Personal website:
https://faculty.crest.fr/lgirard
Contact:
References:
- Pr. Xavier D’Haultfoeuille – CREST, Groupe ENSAE-ENSAI, Institut Polytechnique de Paris
- Pr. Elia Lapenta – CREST, Groupe ENSAE-ENSAI, Institut Polytechnique de Paris
- Pr. Frédéric Loss – Cergy Paris University, THEMA
- Pr. Guillaume Lecué – ESSEC Business School
Research fields:
Primary fields: Econometric Theory (non-asymptotic inference, causal inference, non parametric estimation)
Secondary fields: Applied Microeconometrics (segregation indices)
Presentation:
Between 2017 and 2021, I completed my PhD in econometrics at CREST under the supervision of Xavier D’Haultfoeuille.
I worked as a Teaching Fellow (2020-2022) and a Teaching Coordinator in Mathematics (2022-2024) at ENSAE Paris.
I have been working as a postdoctoral researcher at CREST since September 2024 under the supervision of Elia Lapenta.
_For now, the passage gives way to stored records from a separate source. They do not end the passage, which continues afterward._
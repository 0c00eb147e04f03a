// Reads the commands and identity writes of a log, one after the other.
ghost use Rattle.std.specs.Prelude.{◌≡◌, ◌≢◌, ◌<◌, ◌≤◌, ◌^◌, [], List, IfErr, IfOk, IfSome};
ghost use Rattle.disk_model.specs.Disk.{Rises, Stays};
ghost use Rattle.disk_model.specs.declared.machine.FileNo.TheVariants.{Objects};
ghost use Rattle.formats.specs.Reading.{FailsBy};
ghost use Rattle.formats.specs.declared.record.Record.{Record};
ghost use Rattle.log_blocks.specs.LogView.{LogView};
ghost use Rattle.log_blocks.specs.Payloads.{ahead};
ghost use Rattle.log_records.specs.Loading.{IsTailFault};
ghost use Rattle.log_records.specs.LsnReader.{IsReadingFromLsn, HasGiven, HasSearched, left_of};
ghost use Rattle.log_records.specs.RecordLog.{RecordLogView};
ghost use Rattle.log_records.specs.RecordReader.{IsReading};
ghost use Rattle.log_records.specs.Rewriting.{is_between};

use crate::RecordLog;
use crate::record_reader::RecordReader;
use disk_model::Machine;
use formats::{ReadErr, Record};
use oper_core::Oper;
use std::marker::Model;

/// Stands in the records of a log, and gives the commands and identity writes from an LSN on, in the log's order. One
/// record is in memory, and one piece of the block that it stands in.
#[derive(Drop)]
pub struct LsnReader<O: Oper> {
    records: RecordReader<O>,
    from: u64,
    end: u64,
}

impl<O: Oper> Model for LsnReader<O> {
    ghost use Rattle.log_records.specs.LsnReader.{LsnReaderView};

    ghost Value = { LsnReaderView };

    ghost view = { λ r. record { records = r.records; from = r.from; end = r.end } };
}

// Whether a record has an LSN, from this one on and below that one.
fn is_between<O: Oper>(it: &Record<O>, from: u64, end: u64) -> bool
    ensures { result ≡ is_between from end it.now }
{
    match it.lsn() {
        Some(lsn) => from <= lsn && lsn < end,
        None => false,
    }
}

// The next record that has an LSN, from this one on and below that one.
fn next_between<O: Oper, M: Machine>(
    m: &mut M,
    records: &mut RecordReader<O>,
    from: u64,
    end: u64,
) -> Result<Option<Record<O>>, ReadErr>
    ensures kept { Stays (M.disk m.old) (M.disk m.new) }
    ensures bounds { records.new.bounds ≡ records.old.bounds }
    ensures less { IfOk result (λ found. IfSome found (λ _. ahead records.new.payloads < ahead records.old.payloads)) }
    ensures read { IfOk result (HasSearched (O.meaning records.old.bounds) (M.disk m.old) (M.disk m.new) from end records.old records.new) }
    ensures cause { (log : LogView) (all : List (Record O)) → IsReading (O.meaning records.old.bounds) (M.disk m.old) log records.old all
        → IfErr result (FailsBy (Rises (M.disk m.old).disk_faults (M.disk m.new).disk_faults) (IsTailFault (O.meaning records.old.bounds) (M.disk m.new) log)) }
{
    while let Some(record) = records.next(m)? {
        if is_between(&record, from, end) {
            return Ok(Some(record));
        }
    }
    Ok(None)
}

impl<O: Oper> LsnReader<O> {
    /// The next command or identity write; none after the last one. Between two calls the objects file may change.
    pub fn next<M: Machine>(&mut self, m: &mut M) -> Result<Option<Record<O>>, ReadErr>
        ensures kept { Stays (M.disk m.old) (M.disk m.new) }
        ensures same { self.new ≡ record self.old { records = self.new.records } }
        ensures bounds { self.new.records.bounds ≡ self.old.records.bounds }
        ensures less { IfOk result (λ found. IfSome found (λ _. left_of self.new < left_of self.old)) }
        ensures read { (log : RecordLogView) (given : List (Record O)) → IsReadingFromLsn (O.meaning self.old.records.bounds) (M.disk m.old) log self.old given
            → IfOk result (HasGiven (O.meaning self.old.records.bounds) (M.disk m.new) log self.new given) }
        ensures cause { (log : RecordLogView) (given : List (Record O)) → IsReadingFromLsn (O.meaning self.old.records.bounds) (M.disk m.old) log self.old given
            → IfErr result (FailsBy (Rises (M.disk m.old).disk_faults (M.disk m.new).disk_faults)
            (λ file place. log.log.active ≢ Objects → IsTailFault (O.meaning self.old.records.bounds) (M.disk m.new) log.log file place)) }
    {
        let found = next_between(m, &mut self.records, self.from, self.end)?;
        Ok(found)
    }
}

impl<O: Oper> RecordLog<O> {
    /// A reader of the stable commands and identity writes from an LSN on, that has given none. Those before it, and the
    /// checkpoints, it passes over. On every machine the LSNs that it gives rise, and are below the log's next one.
    pub fn lsn_reader<M: Machine>(&self, m: &mut M, from: u64) -> Result<LsnReader<O>, ReadErr>
        ensures kept { Stays (M.disk m.old) (M.disk m.new) }
        ensures from { IfOk result (λ it. it.from ≡ from) }
        ensures bounds { IfOk result (λ it. it.records.bounds ≡ self.now.bounds) }
        ensures reading { IfOk result (λ it. IsReadingFromLsn (O.meaning self.now.bounds) (M.disk m.new) self.now it []) }
        ensures last { self.now.next ≤ 2 ^ 62 }
        ensures cause { IfErr result (FailsBy (Rises (M.disk m.old).disk_faults (M.disk m.new).disk_faults) (λ f p. ⊥)) }
    {
        Ok(LsnReader {
            records: RecordReader::new(self.alloc, m, self.bounds, &self.log)?,
            from,
            end: self.next,
        })
    }
}
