ghost use Rattle.std.specs.Prelude.{◌≡◌};
ghost use Rattle.log_records.specs.LogCopy.{copy_from_put, copy_from_read};
ghost use Rattle.log_records.specs.declared.copy_err.CopyErr.TheVariants as of_copy;

use crate::put_err::PutErr;
use disk_model::{Failed, FileNo};
use formats::ReadErr;
use std::alloc::AllocError;
use thiserror::Error;

/// Why a log was not copied to another machine.
#[derive(Clone, Copy, Debug, PartialEq, Eq, Error)]
pub enum CopyErr {
    /// The copy would be longer than a log may be.
    #[error("the log is full: {used} bytes are used, its copy has {need}, the limit is {limit}")]
    LogFull { used: u64, need: u64, limit: u64 },
    /// A call to the log's own device failed.
    #[error("the disk failed")]
    DiskFault,
    /// A call to the other device failed.
    #[error("the target's disk failed")]
    TargetFault,
    /// A file of the log breaks its format at this place.
    #[error("{file:?} is damaged at {place}")]
    Damaged { file: FileNo, place: u64 },
    /// There is no memory left.
    #[error("out of memory")]
    Memory,
}

// The log itself is only read.
impl From<ReadErr> for CopyErr {
    ghost from_gives = { λ cause e. e ≡ copy_from_read cause };

    fn from(cause: ReadErr) -> Self {
        match cause {
            ReadErr::DiskFault => CopyErr::DiskFault,
            ReadErr::Damaged { file, place } => CopyErr::Damaged { file, place },
            ReadErr::Memory => CopyErr::Memory,
        }
    }
}

// The target is only written.
impl From<PutErr> for CopyErr {
    ghost from_gives = { λ cause e. e ≡ copy_from_put cause };

    fn from(cause: PutErr) -> Self {
        match cause {
            PutErr::DiskFault => CopyErr::TargetFault,
            PutErr::Memory => CopyErr::Memory,
        }
    }
}

impl From<Failed> for CopyErr {
    ghost from_gives = { λ _ e. e ≡ of_copy.TargetFault };

    fn from(_: Failed) -> Self {
        CopyErr::TargetFault
    }
}

impl From<AllocError> for CopyErr {
    ghost from_gives = { λ _ e. e ≡ of_copy.Memory };

    fn from(_: AllocError) -> Self {
        CopyErr::Memory
    }
}
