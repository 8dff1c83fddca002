// How the sync steps: one turn brings what was written to disk for good, the next puts a cinfo that claims it.
ghost use Rattle.std.specs.Prelude.{◌≡◌, ◌<◌, length, IfSome};
ghost use Rattle.pfc_scene.specs.Scenes.{Moves};

use crate::scene::Scene;
use pfc_actor::Standing;
use pfc_core::{FileCore, Turn};
use pfc_sync::{SyncPhase, SyncWork};
use pfc_world::{Depot, Origin, World};
use std::alloc::Global;

/// The place of the core of this path that is cached.
fn find_stored<W: World>(cores: &[FileCore<W>], path: &[u8]) -> Option<usize>
    ensures { IfSome result (λ i. i < length cores.now) }
{
    for i in 0..cores.len() {
        if cores[i].uncached().is_none() && cores[i].known().path().as_bytes() == path {
            return Some(i);
        }
    }
    None
}

impl<W: World, O: Origin<W>, P: Depot<W>> Scene<W, O, P> {
    /// Lends the store of the core at this place for a turn. It tells whether it did.
    fn lend_turn(&mut self, alloc: Global, i: usize, turn: Turn) -> bool
        requires { i < length self.old.cores }
        ensures moves { Moves self.old self.new }
        ensures cores { length self.new.cores ≡ length self.old.cores }
    {
        let lent = self.backings[i].lend_turn(alloc, &mut self.cores[i], turn);
        self.cores[i].own();
        lent
    }

    /// Makes the turn for which the store of the core at this place was lent. It tells whether that went well.
    fn turn_at(&mut self, alloc: Global, i: usize) -> bool
        requires { i < length self.old.cores }
        ensures moves { Moves self.old self.new }
        ensures cores { self.new.cores ≡ self.old.cores }
    {
        self.backings[i].turn(alloc)
    }

    /// The sync is at this from now on.
    fn at_work(&mut self, work: Option<SyncWork>)
        ensures { self.new ≡ self.old }
    {
        self.sync = work;
    }

    /// At rest it begins with the core at this place, where a block or a record isn't claimed and the store is at home.
    fn begin_sync(&mut self, alloc: Global, i: usize)
        requires { i < length self.old.cores }
        ensures moves { Moves self.old self.new }
        ensures cores { length self.new.cores ≡ length self.old.cores }
    {
        if !self.cores[i].needs_sync() {
            return;
        }
        if self.lend_turn(alloc, i, Turn::Data) {
            self.at_work(Some(SyncWork {
                core: i,
                phase: SyncPhase::Lent(Turn::Data),
            }));
        }
    }

    /// It makes the turn for which the store was lent.
    fn take_turn(&mut self, alloc: Global, i: usize, turn: Turn)
        requires { i < length self.old.cores }
        ensures moves { Moves self.old self.new }
        ensures cores { length self.new.cores ≡ length self.old.cores }
    {
        let went_well = self.turn_at(alloc, i);
        self.at_work(Some(SyncWork {
            core: i,
            phase: SyncPhase::after(turn, went_well),
        }));
    }

    /// It gives the store back. Then the other turn follows, or it is at rest.
    fn end_turn(&mut self, i: usize, follows: bool)
        requires { i < length self.old.cores }
        ensures moves { Moves self.old self.new }
        ensures cores { length self.new.cores ≡ length self.old.cores }
    {
        if !self.give(i) {
            return;
        }
        if follows {
            self.at_work(Some(SyncWork {
                core: i,
                phase: SyncPhase::Between,
            }));
        } else {
            self.at_work(None);
        }
    }

    /// It has the store lent for the put of the cinfo, once that is at home. A store that isn't lent for another cause ends the turn.
    fn begin_put(&mut self, alloc: Global, i: usize)
        requires { i < length self.old.cores }
        ensures moves { Moves self.old self.new }
        ensures cores { length self.new.cores ≡ length self.old.cores }
    {
        if self.backings[i].standing() == Standing::Lent {
            return;
        }
        if self.lend_turn(alloc, i, Turn::Info) {
            self.at_work(Some(SyncWork {
                core: i,
                phase: SyncPhase::Lent(Turn::Info),
            }));
        } else {
            self.at_work(None);
        }
    }

    /// The next step of the sync with the core at this place, which it is at.
    fn go_on_sync(&mut self, alloc: Global, i: usize, phase: SyncPhase)
        requires { i < length self.old.cores }
        ensures moves { Moves self.old self.new }
        ensures cores { length self.new.cores ≡ length self.old.cores }
    {
        match phase {
            SyncPhase::Lent(turn) => self.take_turn(alloc, i, turn),
            SyncPhase::Returning { follows } => self.end_turn(i, follows),
            SyncPhase::Between => self.begin_put(alloc, i),
        }
    }

    /// One step of the sync, where it is at rest or at the core at this place.
    pub(crate) fn sync_step(&mut self, alloc: Global, i: usize)
        requires { i < length self.old.cores }
        ensures moves { Moves self.old self.new }
        ensures cores { length self.new.cores ≡ length self.old.cores }
    {
        match self.sync {
            None => self.begin_sync(alloc, i),
            Some(work) => {
                if work.core == i {
                    self.go_on_sync(alloc, i, work.phase);
                }
            }
        }
    }

    /// The sync makes so many steps, where it is at rest or at this path. Nothing comes of it where no file of that path is cached.
    pub fn sync(&mut self, alloc: Global, path: &[u8], times: u32)
        ensures { Moves self.old self.new }
    {
        let Some(i) = find_stored(&self.cores, path) else {
            return;
        };
        for _step in 0..times {
            self.sync_step(alloc, i);
        }
    }
}
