impl<W: World, O: Origin<W>, P: Depot<W>> Scene<W, O, P> {
    /// How the open of a file goes on. A file that isn't cached gets a core for each open.
    fn entrance(&self, wanted: &Wanted<W>) -> Entrance
        requires { IsBlockSize self.now.block_size }
    {
        let known = wanted.known();
        let path = known.path();
        if uncached_cause(path, block_count(known.size(), self.block_size)).is_some() {
            return Entrance::Makes;
        }
        if is_made(&self.clients, path) {
            return Entrance::Waits;
        }
        let Some(i) = find_core(&self.cores, path) else {
            return Entrance::Makes;
        };
        match self.backings[i].standing() {
            Standing::Bare if self.cores[i].uncached().is_none() => Entrance::Resumes(i as u64),
            _ => Entrance::Joins,
        }
    }

    /// The client at this place, which wants a file opened, gets a core to enter.
    pub(crate) fn enter(&mut self, alloc: Global, j: usize)
        requires { j < length self.old.clients }
        ensures { Moves self.old self.new }
    {
        let Some(wanted) = self.clients[j].wanted() else {
            return;
        };
        match self.entrance(wanted) {
            Entrance::Waits => (),
            Entrance::Joins => self.join(j, None),
            Entrance::Resumes(core) => self.join(j, Some(core)),
            Entrance::Makes => self.make(alloc, j),
        }
    }

    /// The client at this place enters the core of this number, which is made for it, or the one that is there.
    fn join(&mut self, j: usize, made: Option<u64>)
        requires { j < length self.old.clients }
        ensures { Moves self.old self.new }
    {
        self.clients[j].enter(made);
    }

    /// Makes a core for the client at this place.
    fn make(&mut self, alloc: Global, j: usize)
        requires { j < length self.old.clients }
        ensures { Moves self.old self.new }
    {
        match self.add_core(alloc, j) {
            Some(core) => self.join(j, Some(core)),
            None => self.give_up(j),
        }
    }

    /// Makes a core of the file that the client at this place wants, beside which nothing stands yet, and gives its number.
    fn add_core(&mut self, alloc: Global, j: usize) -> Option<u64>
        requires { j < length self.old.clients }
        ensures { Moves self.old self.new }
    {
        let Some(wanted) = self.clients[j].wanted() else {
            return None;
        };
        if self.backings.reserve(1).is_err() {
            return None;
        }
        match make_core(alloc, &mut self.cores, wanted, self.block_size) {
            Some(core) => {
                self.backings.push_reserved(Backing::bare());
                Some(core)
            }
            None => None,
        }
    }

    /// The core that the client at this place enters: the one that was made for its open, or else the cached one of its file.
    fn core_of(&self, j: usize) -> Option<usize>
        requires { j < length self.now.clients }
        ensures low { IfSome result (λ i. i < length self.now.cores) }
        ensures here { IfSome result (λ i. (d : ClientView) (e : CoreView) → Here (slice_index_or self.now.clients j d).book (slice_index_or self.now.clients j d).stage (slice_index_or self.now.cores i e)) }
    {
        let Some(wanted) = self.clients[j].entering() else {
            return None;
        };
        match self.clients[j].made() {
            Some(core) => core_at(&self.cores, core, wanted.path()),
            None => find_core(&self.cores, wanted.path()),
        }
    }

    /// The client at this place goes on with its open of a core of its file.
    pub(crate) fn open<K: Clock>(&mut self, alloc: Global, depot: &mut P, clock: &mut K, j: usize)
        requires sound { IsSoundAtHome W.told P.Data.told W.files (P.home_data depot.old) (P.home_main depot.old) }
        requires lent { IsLentBy (depot_of P.out P.lent P.faults depot.old) self.old.backings }
        requires j { j < length self.old.clients }
        ensures sound { IsSoundAtHome W.told P.Data.told W.files (P.home_data depot.new) (P.home_main depot.new) }
        ensures lent { IsLentBy (depot_of P.out P.lent P.faults depot.new) self.new.backings }
        ensures plays { Plays self.old (depot_of P.out P.lent P.faults depot.old) self.new (depot_of P.out P.lent P.faults depot.new) }
        ensures persists { PersistsBy W.told P.Data.told W.files self.old (P.home_main depot.old) self.new (P.home_main depot.new) }
        ensures unlisted { P.unlisted depot.new ≡ P.unlisted depot.old }
    {
        let Some(i) = self.core_of(j) else {
            self.give_up(j);
            return;
        };
        if self.clients[j].made().is_none() {
            self.step_at(alloc, clock, j, i);
            return;
        }
        match self.prepare(alloc, depot, clock, i) {
            Prepared::Ready => self.step_at(alloc, clock, j, i),
            Prepared::Went => (),
            Prepared::Opened(moment) => self.note(j, moment),
            Prepared::Failed => self.give_up(j),
        }
    }

    /// The open of the client at this place opened the store at this moment, in seconds.
    fn note(&mut self, j: usize, moment: u64)
        requires { j < length self.old.clients }
        ensures { Moves self.old self.new }
    {
        self.clients[j].note(moment);
    }

    /// Takes the volume of the core at this place, or opens its store, where that is to be done.
    fn prepare<K: Clock>(
        &mut self,
        alloc: Global,
        depot: &mut P,
        clock: &mut K,
        i: usize,
    ) -> Prepared
        requires sound { IsSoundAtHome W.told P.Data.told W.files (P.home_data depot.old) (P.home_main depot.old) }
        requires lent { IsLentBy (depot_of P.out P.lent P.faults depot.old) self.old.backings }
        requires i { i < length self.old.cores }
        ensures sound { IsSoundAtHome W.told P.Data.told W.files (P.home_data depot.new) (P.home_main depot.new) }
        ensures lent { IsLentBy (depot_of P.out P.lent P.faults depot.new) self.new.backings }
        ensures plays { Plays self.old (depot_of P.out P.lent P.faults depot.old) self.new (depot_of P.out P.lent P.faults depot.new) }
        ensures persists { PersistsBy W.told P.Data.told W.files self.old (P.home_main depot.old) self.new (P.home_main depot.new) }
        ensures unlisted { P.unlisted depot.new ≡ P.unlisted depot.old }
        ensures ready { result ≡ Ready → self.new ≡ self.old }
    {
        if !is_unused(&self.cores[i]) {
            return Prepared::Ready;
        }
        match self.backings[i].standing() {
            Standing::Bare => went_or_failed(self.take_volume(alloc, depot, i)),
            Standing::Taken => {
                let now = clock.now();
                opened_or_failed(self.open_store(alloc, depot, now, i), now)
            }
            _ => Prepared::Ready,
        }
    }

    /// Takes the volume of the core at this place, which nobody uses yet. Where that fails the file isn't cached.
    fn take_volume(&mut self, alloc: Global, depot: &mut P, i: usize) -> Result<(), Memory>
        requires sound { IsSoundAtHome W.told P.Data.told W.files (P.home_data depot.old) (P.home_main depot.old) }
        requires lent { IsLentBy (depot_of P.out P.lent P.faults depot.old) self.old.backings }
        requires i { i < length self.old.cores }
        requires unused { (e : CoreView) → IsUnused (slice_index_or self.old.cores i e) }
        requires bare { (e : BackingView) → (slice_index_or self.old.backings i e).stand ≡ Bare }
        ensures sound { IsSoundAtHome W.told P.Data.told W.files (P.home_data depot.new) (P.home_main depot.new) }
        ensures lent { IsLentBy (depot_of P.out P.lent P.faults depot.new) self.new.backings }
        ensures plays { Plays self.old (depot_of P.out P.lent P.faults depot.old) self.new (depot_of P.out P.lent P.faults depot.new) }
        ensures persists { PersistsBy W.told P.Data.told W.files self.old (P.home_main depot.old) self.new (P.home_main depot.new) }
        ensures unlisted { P.unlisted depot.new ≡ P.unlisted depot.old }
    {
        match Backing::take(alloc, depot, self.cores[i].known().copy()) {
            Ok(backing) => {
                self.stand(i, backing);
                Ok(())
            }
            Err(Refusal::Fault) => self.lose_volume(alloc, i),
            Err(Refusal::Memory) => Err(Memory),
        }
    }

    /// A volume stands beside the core at this place, which nobody uses yet, in the place of nothing.
    fn stand(&mut self, i: usize, backing: Backing<W, P>)
        requires i { i < length self.old.cores }
        requires bare { (e : BackingView) → (slice_index_or self.old.backings i e).stand ≡ Bare }
        requires unlent { IsUnlent backing.stand }
        requires backs { (e : CoreView) → IsBackingOf (slice_index_or self.old.cores i e) backing }
        ensures { self.new ≡ record self.old { backings = slice_set self.old.backings i backing } }
    {
        mem::replace(&mut self.backings[i], backing).discard();
    }

    /// The file of the core at this place, which nobody uses yet and beside which nothing stands, isn't cached.
    fn lose_volume(&mut self, alloc: Global, i: usize) -> Result<(), Memory>
        requires i { i < length self.old.cores }
        requires unused { (e : CoreView) → IsUnused (slice_index_or self.old.cores i e) }
        requires bare { (e : BackingView) → (slice_index_or self.old.backings i e).stand ≡ Bare }
        ensures { Owes self.old self.new }
    {
        let core = without_volume(alloc, &self.cores[i])?;
        put_core(&mut self.cores, i, core);
        Ok(())
    }

    /// Opens the store of the volume beside the core at this place, which nobody uses yet, at a moment in seconds. Where that fails
    /// the volume goes home, and after a failed call the file isn't cached.
    fn open_store(
        &mut self,
        alloc: Global,
        depot: &mut P,
        created: u64,
        i: usize,
    ) -> Result<(), Memory>
        requires sound { IsSoundAtHome W.told P.Data.told W.files (P.home_data depot.old) (P.home_main depot.old) }
        requires lent { IsLentBy (depot_of P.out P.lent P.faults depot.old) self.old.backings }
        requires i { i < length self.old.cores }
        requires unused { (e : CoreView) → IsUnused (slice_index_or self.old.cores i e) }
        requires taken { (e : BackingView) → standing_of (slice_index_or self.old.backings i e).stand ≡ standing.Taken }
        ensures sound { IsSoundAtHome W.told P.Data.told W.files (P.home_data depot.new) (P.home_main depot.new) }
        ensures lent { IsLentBy (depot_of P.out P.lent P.faults depot.new) self.new.backings }
        ensures plays { Plays self.old (depot_of P.out P.lent P.faults depot.old) self.new (depot_of P.out P.lent P.faults depot.new) }
        ensures persists { PersistsBy W.told P.Data.told W.files self.old (P.home_main depot.old) self.new (P.home_main depot.new) }
        ensures unlisted { P.unlisted depot.new ≡ P.unlisted depot.old }
    {
        match self.start_core(alloc, created, i) {
            Ok(()) => Ok(()),
            Err(Refusal::Fault) => self.lose_store(alloc, depot, i),
            Err(Refusal::Memory) => {
                self.return_volume(depot, i);
                Err(Memory)
            }
        }
    }

    /// Opens the store of the volume beside the core at this place, which nobody uses yet, at a moment in seconds. A core that starts
    /// with the blocks of the store takes its place.
    fn start_core(&mut self, alloc: Global, created: u64, i: usize) -> Result<(), Refusal>
        requires i { i < length self.old.cores }
        requires unused { (e : CoreView) → IsUnused (slice_index_or self.old.cores i e) }
        requires taken { (e : BackingView) → standing_of (slice_index_or self.old.backings i e).stand ≡ standing.Taken }
        ensures moves { Moves self.old self.new }
        ensures cores { OnErr result (self.new.cores ≡ self.old.cores) }
        ensures taken { OnErr result ((e : BackingView) → standing_of (slice_index_or self.new.backings i e).stand ≡ standing.Taken) }
        ensures covers { IfErr result (λ why. (e : BackingView) → CoversFault why (slice_index_or self.new.backings i e)) }
    {
        match open_beside(alloc, &self.cores[i], &mut self.backings[i], created) {
            Ok(core) => {
                put_core(&mut self.cores, i, core);
                Ok(())
            }
            Err(refusal) => Err(refusal),
        }
    }

    /// The volume beside the core at this place, which nobody uses yet, goes home after a failed call of its devices, and the file
    /// isn't cached.
    fn lose_store(&mut self, alloc: Global, depot: &mut P, i: usize) -> Result<(), Memory>
        requires sound { IsSoundAtHome W.told P.Data.told W.files (P.home_data depot.old) (P.home_main depot.old) }
        requires lent { IsLentBy (depot_of P.out P.lent P.faults depot.old) self.old.backings }
        requires i { i < length self.old.cores }
        requires unused { (e : CoreView) → IsUnused (slice_index_or self.old.cores i e) }
        requires taken { (e : BackingView) → standing_of (slice_index_or self.old.backings i e).stand ≡ standing.Taken }
        requires covers { (e : BackingView) → Covers 1 (slice_index_or self.old.backings i e) }
        ensures sound { IsSoundAtHome W.told P.Data.told W.files (P.home_data depot.new) (P.home_main depot.new) }
        ensures lent { IsLentBy (depot_of P.out P.lent P.faults depot.new) self.new.backings }
        ensures plays { Plays self.old (depot_of P.out P.lent P.faults depot.old) self.new (depot_of P.out P.lent P.faults depot.new) }
        ensures persists { PersistsBy W.told P.Data.told W.files self.old (P.home_main depot.old) self.new (P.home_main depot.new) }
        ensures unlisted { P.unlisted depot.new ≡ P.unlisted depot.old }
    {
        self.return_volume(depot, i);
        self.lose_volume(alloc, i)
    }

    /// The volume beside the core at this place, which nobody uses yet, goes home. The depot counts what failed calls it covers.
    fn return_volume(&mut self, depot: &mut P, i: usize)
        requires sound { IsSoundAtHome W.told P.Data.told W.files (P.home_data depot.old) (P.home_main depot.old) }
        requires lent { IsLentBy (depot_of P.out P.lent P.faults depot.old) self.old.backings }
        requires i { i < length self.old.cores }
        requires unused { (e : CoreView) → IsUnused (slice_index_or self.old.cores i e) }
        requires taken { (e : BackingView) → standing_of (slice_index_or self.old.backings i e).stand ≡ standing.Taken }
        ensures sound { IsSoundAtHome W.told P.Data.told W.files (P.home_data depot.new) (P.home_main depot.new) }
        ensures lent { IsLentBy (depot_of P.out P.lent P.faults depot.new) self.new.backings }
        ensures plays { Plays self.old (depot_of P.out P.lent P.faults depot.old) self.new (depot_of P.out P.lent P.faults depot.new) }
        ensures persists { PersistsBy W.told P.Data.told W.files self.old (P.home_main depot.old) self.new (P.home_main depot.new) }
        ensures unlisted { P.unlisted depot.new ≡ P.unlisted depot.old }
        ensures cores { self.new.cores ≡ self.old.cores }
        ensures bare { (e : BackingView) → (slice_index_or self.new.backings i e).stand ≡ Bare }
        ensures pays { (e : BackingView) → Covers 1 (slice_index_or self.old.backings i e) → (f : ℕ) → RoseBy f (settled self.old.cores self.old.backings) (P.faults depot.old) → RoseBy f (settled self.new.cores self.new.backings + 1) (P.faults depot.new) }
    {
        // Hands out that the core's size is that of the file.
        let _known = self.cores[i].known();
        self.backings[i].put_back(depot);
    }
}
I am interested in econometric theory and its application, with three main themes of research as of now:
- 1. Reliable (robust to the “small-unit bias”) measures of polarization/segregation
- 2. Nonasymptotically valid (coverage at least the nominal level for finite sample sizes) confidence intervals in linear regressions and in more general settings
- Reproducing Kernel Hilbert Spaces (RKHS) estimation tools in Nonparametric Instrumental Variables (NPIV) regressions
Job Market Paper:
Can we have it all? Non-asymptotically valid and asymptotically exact confidence intervals for expectations and linear regressions
Abstract: We contribute to bridging the gap between large- and finite-sample inference by studying confidence sets (CSs) that are both non-asymptotically valid and asymptotically exact uniformly (NAVAE) over semi-parametric statistical models. NAVAE CSs are not easily obtained; for instance, we show they do not exist over the set of Bernoulli distributions. We first derive a generic sufficient condition: NAVAE CSs are available as soon as uniform asymptotically exact CSs are. Second, building on that connection, we construct closed-form NAVAE confidence intervals (CIs) in two standard settings – scalar expectations and linear combinations of OLS coefficients – under moment conditions only. For expectations, our sole requirement is a bounded kurtosis. In the OLS case, our moment constraints accommodate heteroskedasticity and weak exogeneity of the regressors. Under those conditions, we enlarge the Central Limit Theorem-based CIs, which are asymptotically exact, to ensure non-asymptotic guarantees. Those modifications vanish asymptotically so that our CIs coincide with the classical ones in the limit. We illustrate the potential and limitations of our approach through a simulation study.